The arithmetic operators are overloaded — +, -, *, /, ** all run elementwise:

x = jnp.array([1.0, 2, 4, 8])
y = jnp.array([2, 2, 2, 2])
x + y, x - y, x * y, x / y, x ** y
(Array([ 3.,  4.,  6., 10.], dtype=float32),
 Array([-1.,  0.,  2.,  6.], dtype=float32),
 Array([ 2.,  4.,  8., 16.], dtype=float32),
 Array([0.5, 1. , 2. , 4. ], dtype=float32),
 Array([ 1.,  4., 16., 64.], dtype=float32))

Concatenation

cat glues tensors along an existing axis. Pick the axis with dim:

  • dim=0 → stack rows (more rows out)
  • dim=1 → stack columns (wider matrix out)
X = jnp.arange(12, dtype=jnp.float32).reshape((3, 4))
Y = jnp.array([[2.0, 1, 4, 3], [1, 2, 3, 4], [4, 3, 2, 1]])
jnp.concatenate((X, Y), axis=0), jnp.concatenate((X, Y), axis=1)
(Array([[ 0.,  1.,  2.,  3.],
        [ 4.,  5.,  6.,  7.],
        [ 8.,  9., 10., 11.],
        [ 2.,  1.,  4.,  3.],
        [ 1.,  2.,  3.,  4.],
        [ 4.,  3.,  2.,  1.]], dtype=float32),
 Array([[ 0.,  1.,  2.,  3.,  2.,  1.,  4.,  3.],
        [ 4.,  5.,  6.,  7.,  1.,  2.,  3.,  4.],
        [ 8.,  9., 10., 11.,  4.,  3.,  2.,  1.]], dtype=float32))

Comparisons and reductions

Comparison operators broadcast and return a boolean tensor of the same shape — useful for masking entries that satisfy a condition:

X == Y
Array([[False,  True, False,  True],
       [False, False, False, False],
       [False, False, False, False]], dtype=bool)

sum, mean, max, … collapse one or more axes. Without a dim= argument the whole tensor reduces to a scalar:

X.sum()
Array(66., dtype=float32)

Broadcasting

When tensors of different shapes meet, the smaller one is virtually expanded along missing dimensions — no data copy.

The rule: dimensions of size 1 stretch; everything else must match.
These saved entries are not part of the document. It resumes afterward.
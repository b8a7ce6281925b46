//! Where scripts and schedules lie.

ghost use Rattle.std.specs.Prelude.{ℕ, List, ◌≡◌, ◌+◌, ◌≤◌, length, IfOk, IfErr, OnOk, OnErr, Option, Some, None};
ghost use Rattle.cml_host.specs.Stores.{Content, IsLoaded, IsSaved, IsUnchanged, MayFail, reason_in};

use crate::reason::Reason;
use std::alloc::Global;
use thiserror::Error;

/// Why a store did not do what was asked.
#[derive(Clone, Copy, Debug, PartialEq, Eq, Error)]
pub enum StoreFault {
    /// It refused: there is no such name, or it can't be read or written. The reason is there where the store knows it.
    #[error("the store refused")]
    Refused(Option<Reason>),
    /// Out of memory.
    #[error("out of memory")]
    Memory,
}

impl StoreFault {
    /// Why it refused, where it knows that.
    pub fn reason(self) -> Option<Reason>
        ensures { result ≡ reason_in self }
    {
        match self {
            StoreFault::Refused(why) => why,
            StoreFault::Memory => None,
        }
    }
}

/// Where scripts and schedules lie, each under its name.
pub trait Store {
    // What lies under a name, where that is known.
    ghost holds: { Self → List ℕ → Content };

    /// The bytes under the name: all of them, or where there are more than the limit, the first of them, one more than the limit. They
    /// are read in at most twice as many reads as the limit, and where that is refused the store may ask once more why. What it holds
    /// stays as it is.
    ///
    /// # Errors
    /// A refusal, also where they do not end in this many reads, or out of memory. Bytes that are known to lie there are not refused.
    fn load(&mut self, alloc: Global, name: &str, limit: usize) -> Result<Vec<u8>, StoreFault>
        ensures bound { IfOk result (λ bs. length bs.items ≤ limit + 1) }
        ensures found { IfOk result (λ bs. IsLoaded (holds self.old name.now) limit bs.items) }
        ensures refused { IfErr result (MayFail (holds self.old name.now)) }
        ensures same { IsUnchanged (holds self.old) (holds self.new) };

    /// Keeps the bytes under the name, in place of what lay there, and touches no other name.
    ///
    /// # Errors
    /// A refusal, or out of memory. What is known to lie under each name then stays the same.
    fn save(&mut self, name: &str, bytes: &[u8]) -> Result<(), StoreFault>
        ensures saved { OnOk result (IsSaved (holds self.old) (holds self.new) name.now bytes.now) }
        ensures same { OnErr result (IsUnchanged (holds self.old) (holds self.new)) };
}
a = jnp.arange(3).reshape((3, 1))
b = jnp.arange(2).reshape((1, 2))
a, b
(Array([[0],
        [1],
        [2]], dtype=int32),
 Array([[0, 1]], dtype=int32))
a + b
Array([[0, 1],
       [1, 2],
       [2, 3]], dtype=int32)

A 3\times 1 + 1\times 2 becomes a 3\times 2 matrix.
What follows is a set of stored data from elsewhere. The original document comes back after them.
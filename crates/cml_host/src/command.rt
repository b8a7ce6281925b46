//! Which command is done.

ghost use Rattle.std.specs.{Prelude.{◌≡◌, ◌≤◌, [], map}, String.{string_bytes}};
ghost use Rattle.cml_host.specs.{Behind.{plain_text}, Between.{between}, Replies.{passage, plain_reply}, Statuses.{HasCounts, Surroundings, Ran, RanOver, TaskOutcome}, Stores.{Shelf}};
ghost use Rattle.cml_stream.specs.Streams.{stream};
ghost use Rattle.cml_trace.specs.Live.{max_turns};

use crate::draw::draw_file;
use crate::explain::explain_file;
use crate::explore::explore_file;
use crate::output::say;
use crate::refusal::Refusal;
use crate::replay::replay_file;
use crate::reply::{Reply, carry_out, text_reply};
use crate::run::run_file;
use crate::script::{check_file, print_file};
use crate::shrink::shrink_file;
use crate::step::step_file;
use crate::store::Store;
use crate::trace::trace;
use crate::verify::verify_file;
use crate::workers::Open;
use cml_arguments::{Answer, Task, read_arguments};
use cml_stream::Counting;
use cml_work::Gate;
use std::alloc::{AllocError, Global};
use std::io::{Read, Write};
use std::sync::Wait;
use std::thread::Threads;

/// Runs the command that the arguments name, the first of which is the program's name, and returns the status of the process. The errors
/// are taken to go to no terminal.
///
/// It reads the input or files of the store, writes what the command says to the output, and reports and what went wrong to the errors.
/// The status is 0 where all was done; 1 where the arguments, the input, a file or the output are at fault, a write of reports failed, or
/// the reports that were written are not those of the run; 2 where a text is refused; 3 where a schedule is refused; 4 where a script did
/// not end within its steps, or has more states than may be kept; 5 where memory ran out or no thread could be started; and 6 where runs that
/// are judged did not end well.
pub fn run_command<R, I, O, E, S>(
    rt: &R,
    alloc: Global,
    words: &[String],
    input: &mut I,
    out: &mut O,
    err: &mut E,
    store: &mut S,
) -> u8
where
    R: Threads + Wait + Sync,
    I: Read,
    O: Write,
    E: Write + Send,
    S: Store,
    ensures { let given = stream (I.remaining input.old) (I.remaining input.new) in
        let output = stream (O.contents out.old) (O.contents out.new) in
        let errors = stream (E.contents err.old) (E.contents err.new) in
        let shelf : Shelf = record { before = S.holds store.old; after = S.holds store.new } in
        RanOver (map string_bytes words.now) given output errors shelf result }
{
    let mut input = Counting::new(input);
    let mut out = Counting::new(out);
    let mut err = Counting::new(err);
    run_command_counted(
        rt, alloc, &Open, words, &mut input, &mut out, &mut err, false, store,
    )
}

/// Runs the command as [`run_command`] does, over streams whose calls are counted, and of which none was called yet. A fault of the input
/// is told only where a read failed, or 2,097,152 reads came to no end (of a live trace and a run by hand 2^48); a fault of the output only where a write
/// failed or took nothing; and what is told is written to the errors whole, except where a write of it failed. More workers than one go
/// through the gate with each slice of a script's thread. Where the errors go to a terminal, what is wrong with a text or a script is
/// explained, and how a run ended, unless the arguments say otherwise.
pub fn run_command_counted<R, G, I, O, E, S>(
    rt: &R,
    alloc: Global,
    gate: &G,
    words: &[String],
    input: &mut Counting<'_, I>,
    out: &mut Counting<'_, O>,
    err: &mut Counting<'_, E>,
    terminal: bool,
    store: &mut S,
) -> u8
where
    R: Threads + Wait + Sync,
    G: Gate + Sync,
    I: Read,
    O: Write,
    E: Write + Send,
    S: Store,
    requires reads { (input.old.calls ≡ 0) × (input.old.failed ≡ 0) }
    requires writes { (out.old.calls ≡ 0) × (out.old.failed ≡ 0) }
    requires complaints { (err.old.calls ≡ 0) × (err.old.failed ≡ 0) }
    ensures ran { let around : Surroundings = record {
      input = between I.remaining input.old input.new;
      output = between O.contents out.old out.new;
      errors = between E.contents err.old err.new;
      terminal = terminal;
      store = record { before = S.holds store.old; after = S.holds store.new };
    } in
        Ran (map string_bytes words.now) around result }
    ensures most { input.new.calls ≤ max_turns }
    ensures same_in { input.new.stream.ghost_name ≡ input.old.stream.ghost_name }
    ensures same_out { out.new.stream.ghost_name ≡ out.old.stream.ghost_name }
    ensures same_err { err.new.stream.ghost_name ≡ err.old.stream.ghost_name }
{
    match read_arguments(alloc, words) {
        Ok(Answer::Task(task)) => {
            do_task(rt, alloc, gate, task, input, out, err, terminal, store)
        }
        Ok(Answer::Help(text)) => {
            let made = Ok(text_reply(alloc, text.into_bytes()));
            carry_out(alloc, "", &made, out, err, store)
        }
        Ok(Answer::Fault(text)) => {
            let made = Err(Refusal::Told(text.into_bytes(), 1));
            carry_out(alloc, "", &made, out, err, store)
        }
        Err(AllocError) => {
            say(err, b"memory\n");
            5
        }
    }
}

// Does what the arguments ask for.
fn do_task<R, G, I, O, E, S>(
    rt: &R,
    alloc: Global,
    gate: &G,
    task: Task<'_>,
    input: &mut Counting<'_, I>,
    out: &mut Counting<'_, O>,
    err: &mut Counting<'_, E>,
    terminal: bool,
    store: &mut S,
) -> u8
where
    R: Threads + Wait + Sync,
    G: Gate + Sync,
    I: Read,
    O: Write,
    E: Write + Send,
    S: Store,
    requires counts { HasCounts task }
    requires reads { (input.old.calls ≡ 0) × (input.old.failed ≡ 0) }
    requires writes { (out.old.calls ≡ 0) × (out.old.failed ≡ 0) }
    requires complaints { (err.old.calls ≡ 0) × (err.old.failed ≡ 0) }
    ensures ran { let given = between I.remaining input.old input.new in
        let output = passage O.contents out.old out.new in
        let errors = passage E.contents err.old err.new in
        let shelf : Shelf = record { before = S.holds store.old; after = S.holds store.new } in
        TaskOutcome task.entry terminal given output errors shelf result }
    ensures most { input.new.calls ≤ max_turns }
    ensures same_in { input.new.stream.ghost_name ≡ input.old.stream.ghost_name }
    ensures same_out { out.new.stream.ghost_name ≡ out.old.stream.ghost_name }
    ensures same_err { err.new.stream.ghost_name ≡ err.old.stream.ghost_name }
{
    match task {
        Task::Trace(options) => {
            let explains = options.explain.is_on(terminal);
            trace(alloc, options.live, explains, input, out, err, store)
        }
        Task::Check(options) => {
            let explains = options.explain.is_on(terminal);
            let made = text_made(alloc, check_file(alloc, options.file, explains, store));
            carry_out(alloc, "", &made, out, err, store)
        }
        Task::Fmt(options) => {
            let explains = options.explain.is_on(terminal);
            let made = text_made(alloc, print_file(alloc, options.file, explains, store));
            carry_out(alloc, "", &made, out, err, store)
        }
        Task::Run(options) => {
            let explains = options.explain.is_on(terminal);
            run_file(rt, alloc, gate, &options, explains, out, err, store)
        }
        Task::Replay(options) => {
            let explains = options.explain.is_on(terminal);
            replay_file(alloc, &options, explains, out, err, store)
        }
        Task::Explain(options) => explain_file(alloc, &options, out, err, store),
        Task::Explore(options) => explore_file(rt, alloc, &options, terminal, out, err, store),
        Task::Verify(options) => {
            let made = verify_file(alloc, &options, store);
            carry_out(alloc, "", &made, out, err, store)
        }
        Task::Shrink(options) => {
            let made = shrink_file(alloc, &options, store);
            carry_out(alloc, "", &made, out, err, store)
        }
        Task::Draw(options) => {
            let made = text_made(alloc, draw_file(alloc, &options, store));
            carry_out(alloc, "", &made, out, err, store)
        }
        Task::Step(options) => step_file(alloc, &options, input, out, err, store),
    }
}

// The reply that the text is, or why there is none.
fn text_made(alloc: Global, made: Result<Vec<u8>, Refusal>) -> Result<Reply, Refusal>
    ensures { plain_reply [] result ≡ plain_text made }
{
    match made {
        Ok(text) => Ok(text_reply(alloc, text)),
        Err(why) => Err(why),
    }
}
The hidden cost of Y = Y + X

Every assignment of an arithmetic expression allocates a new tensor. Matters a lot when Y is gigabytes:

before = id(Y)
Y = Y + X
id(Y) == before
False

id(Y) == before is False: Y now points at a brand-new buffer.

In-place operations

Pre-allocate the output and write into it with Z[:] = ...:

# JAX arrays do not allow in-place operations

If the original value of X isn’t needed afterward, the most ergonomic forms are X[:] = X + Y or X += Y:

NumPy round-trip

Tensors and NumPy ndarrays convert cheaply — most frameworks share storage with NumPy when possible:

A = jax.device_get(X)
B = jax.device_put(A)
type(A), type(B)
(numpy.ndarray, jaxlib._jax.ArrayImpl)

A size-1 tensor unwraps to a Python scalar with .item(), float(x), or int(x):

a = jnp.array(3.5)
a, a.item(), float(a), int(a)
(Array(3.5, dtype=float32, weak_type=True), 3.5, 3.5, 3)

Recap

  • arange / zeros / ones / randn / tensor(list) — create.
  • .shape, .numel(), reshape — inspect / reorganize.
  • [i, j], [a:b, c:d] — read and write slices.
  • + - * / **, cat, ==, sum — element-wise ops, joins, comparisons, reductions.
  • Broadcasting stretches mismatched shapes; in-place ops avoid copying for large tensors.
  • .numpy() / .item() — leave the tensor world.